TASK STATEMENT:
Supply the number of lines below containing "Global", nothing else.

MATERIALS PROVIDED:
┄┄┄┄┄┄┄┄┄┄┄┄┄┄┄┄┄┄┄┄

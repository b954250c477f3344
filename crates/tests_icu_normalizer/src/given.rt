//! Canonical and compatibility tables that a builder makes of classes and mappings of Unicode's data, and what
//! normalisers over them give.

use crate::calls::{Ask, Kind, gives};
use icu_normalizer_core::builder::CanonicalDataBuilder;
use icu_normalizer_core::canonical::CanonicalTables;
use icu_normalizer_core::compatibility::NfkdTables;
use samples_icu_normalizer::held::Held;
use std::alloc::Global;

/// Marks, and their classes.
const CLASSES: [(char, u8); 4] = [
    ('\u{302}', 230),
    ('\u{307}', 230),
    ('\u{323}', 220),
    ('\u{110ba}', 7),
];

/// Characters, and the two that compose to each. Beside those of the worked rows: one whose first has a compatibility
/// mapping, one whose second comes of one, and one past U+FFFF.
const MAPPINGS: [(char, char, char); 7] = [
    ('\u{e1}', 'a', '\u{301}'),
    ('\u{e4}', 'a', '\u{308}'),
    ('\u{1e61}', 's', '\u{307}'),
    ('\u{1e9b}', '\u{17f}', '\u{307}'),
    ('\u{1ea1}', 'a', '\u{323}'),
    ('\u{304c}', '\u{304b}', '\u{3099}'),
    ('\u{1109a}', '\u{11099}', '\u{110ba}'),
];

/// A character, and a compatibility mapping of it: its first character, and those after it.
type Compatibility = (char, char, &'static [char]);

/// Compatibility mappings to a space, to one and a mark, to one character, to two, to three, and to eight, and of a
/// character past U+FFFF.
const COMPATIBILITIES: [Compatibility; 8] = [
    ('\u{a0}', ' ', &[]),
    ('\u{a8}', ' ', &['\u{308}']),
    ('\u{b2}', '2', &[]),
    ('\u{17f}', 's', &[]),
    ('\u{fb01}', 'f', &['i']),
    ('\u{fb03}', 'f', &['f', 'i']),
    (
        '\u{fdfb}',
        '\u{62c}',
        &[
            '\u{644}', ' ', '\u{62c}', '\u{644}', '\u{627}', '\u{644}', '\u{647}',
        ],
    ),
    ('\u{1d400}', 'A', &[]),
];

/// Whether a builder takes the classes.
fn takes_classes(builder: &mut CanonicalDataBuilder) -> bool {
    for (c, class) in CLASSES {
        if builder.class(c, class).is_err() {
            return false;
        }
    }
    true
}

/// Whether it takes the canonical mappings.
fn takes_mappings(builder: &mut CanonicalDataBuilder) -> bool {
    for (c, first, second) in MAPPINGS {
        if builder.map(c, first, Some(second), true).is_err() {
            return false;
        }
    }
    true
}

/// Whether it takes the compatibility mappings.
fn takes_compatibilities(builder: &mut CanonicalDataBuilder) -> bool {
    for (c, first, others) in COMPATIBILITIES {
        if builder.kmap(c, first, others).is_err() {
            return false;
        }
    }
    true
}

/// Whether it takes all three.
fn takes_all(builder: &mut CanonicalDataBuilder) -> bool {
    takes_classes(builder) && takes_mappings(builder) && takes_compatibilities(builder)
}

/// A provider of these tables.
fn held_of(tables: CanonicalTables<'static>, nfkd: Option<NfkdTables<'static>>) -> Held<'static> {
    Held {
        tables,
        nfkd,
        uts46: None,
        lacks_words: false,
        lacks_lists: false,
        lacks_pairs: false,
        lacks_compatibility_lists: false,
    }
}

/// A provider of the tables that a builder makes of what it was given.
fn built(builder: &CanonicalDataBuilder) -> Option<Held<'static>> {
    let tables = builder.build().ok()?;
    Some(held_of(tables, builder.build_nfkd().ok()))
}

/// A provider of the tables of all that is above; `None` where memory is refused.
fn provider(alloc: Global) -> Option<Held<'static>> {
    let mut builder = CanonicalDataBuilder::new(alloc);
    if takes_all(&mut builder) {
        built(&builder)
    } else {
        None
    }
}

/// Whether normalisers over all that give what is asked for.
pub fn gives_given(alloc: Global, kind: Kind, ask: Ask<'_>) -> bool {
    match provider(alloc) {
        Some(held) => gives(alloc, &held, kind, ask),
        None => false,
    }
}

┄┄┄┄┄┄┄┄┄┄┄┄┄┄┄┄┄┄┄┄

ANSWER TO THIS EXERCISE:
3